### Try it
Beneath this instruction is a block of data; output from it exactly the lines that run from the one containing "of its kind." through the one containing "operators between versions.", inclusive.

(Collected data entries)
|---|

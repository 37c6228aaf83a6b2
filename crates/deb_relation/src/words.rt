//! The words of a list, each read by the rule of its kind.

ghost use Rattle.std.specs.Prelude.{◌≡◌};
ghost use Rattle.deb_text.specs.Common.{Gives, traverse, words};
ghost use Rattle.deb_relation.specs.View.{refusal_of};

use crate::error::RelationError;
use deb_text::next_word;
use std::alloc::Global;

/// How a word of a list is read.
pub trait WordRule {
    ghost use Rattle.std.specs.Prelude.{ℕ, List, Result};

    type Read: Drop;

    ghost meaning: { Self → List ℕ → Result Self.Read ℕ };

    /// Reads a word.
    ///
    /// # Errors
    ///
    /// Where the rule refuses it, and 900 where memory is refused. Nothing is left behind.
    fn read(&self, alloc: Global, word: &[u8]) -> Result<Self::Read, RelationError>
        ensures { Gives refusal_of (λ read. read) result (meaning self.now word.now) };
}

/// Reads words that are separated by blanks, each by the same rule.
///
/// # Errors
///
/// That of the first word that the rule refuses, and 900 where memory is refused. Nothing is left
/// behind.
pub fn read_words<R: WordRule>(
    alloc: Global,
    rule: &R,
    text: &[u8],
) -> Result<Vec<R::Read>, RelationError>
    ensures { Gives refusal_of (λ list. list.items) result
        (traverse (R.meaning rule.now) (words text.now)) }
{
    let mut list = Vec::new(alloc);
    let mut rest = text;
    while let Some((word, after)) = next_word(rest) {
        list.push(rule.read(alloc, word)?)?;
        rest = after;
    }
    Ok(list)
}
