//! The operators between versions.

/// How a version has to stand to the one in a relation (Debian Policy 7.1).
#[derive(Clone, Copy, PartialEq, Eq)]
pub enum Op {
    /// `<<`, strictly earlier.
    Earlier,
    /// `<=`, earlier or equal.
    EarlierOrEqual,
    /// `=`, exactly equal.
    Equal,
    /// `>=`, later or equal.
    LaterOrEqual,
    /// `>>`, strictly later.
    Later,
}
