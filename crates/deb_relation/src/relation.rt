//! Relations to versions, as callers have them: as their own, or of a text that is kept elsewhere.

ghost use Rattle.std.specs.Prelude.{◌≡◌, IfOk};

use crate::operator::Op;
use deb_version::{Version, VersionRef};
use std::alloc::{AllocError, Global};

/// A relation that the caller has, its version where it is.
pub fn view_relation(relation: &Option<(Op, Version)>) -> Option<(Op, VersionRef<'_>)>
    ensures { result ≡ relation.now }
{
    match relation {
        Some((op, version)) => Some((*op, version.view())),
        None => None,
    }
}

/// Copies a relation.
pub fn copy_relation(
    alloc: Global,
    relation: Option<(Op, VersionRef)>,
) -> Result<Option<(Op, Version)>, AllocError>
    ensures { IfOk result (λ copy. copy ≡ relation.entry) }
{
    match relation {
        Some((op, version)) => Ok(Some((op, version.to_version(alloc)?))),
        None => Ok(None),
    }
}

|---|

### Answer for this exercise
//! The words of a list, each read by the rule of its kind.

ghost use Rattle.std.specs.Prelude.{◌≡◌};
ghost use Rattle.deb_text.specs.Common.{Gives, traverse, words};
ghost use Rattle.deb_relation.specs.View.{refusal_of};

use crate::error::RelationError;
use deb_text::next_word;
use std::alloc::Global;

/// How a word of a list is read.
pub trait WordRule {
    ghost use Rattle.std.specs.Prelude.{ℕ, List, Result};

    type Read: Drop;

    ghost meaning: { Self → List ℕ → Result Self.Read ℕ };

    /// Reads a word.
    ///
    /// # Errors
    ///
    /// Where the rule refuses it, and 900 where memory is refused. Nothing is left behind.
    fn read(&self, alloc: Global, word: &[u8]) -> Result<Self::Read, RelationError>
        ensures { Gives refusal_of (λ read. read) result (meaning self.now word.now) };
}

/// Reads words that are separated by blanks, each by the same rule.
///
/// # Errors
///
/// That of the first word that the rule refuses, and 900 where memory is refused. Nothing is left
/// behind.
pub fn read_words<R: WordRule>(
    alloc: Global,
    rule: &R,
    text: &[u8],
) -> Result<Vec<R::Read>, RelationError>
    ensures { Gives refusal_of (λ list. list.items) result
        (traverse (R.meaning rule.now) (words text.now)) }
{
    let mut list = Vec::new(alloc);
    let mut rest = text;
    while let Some((word, after)) = next_word(rest) {
        list.push(rule.read(alloc, word)?)?;
        rest = after;
    }
    Ok(list)
}
//! The operators between versions.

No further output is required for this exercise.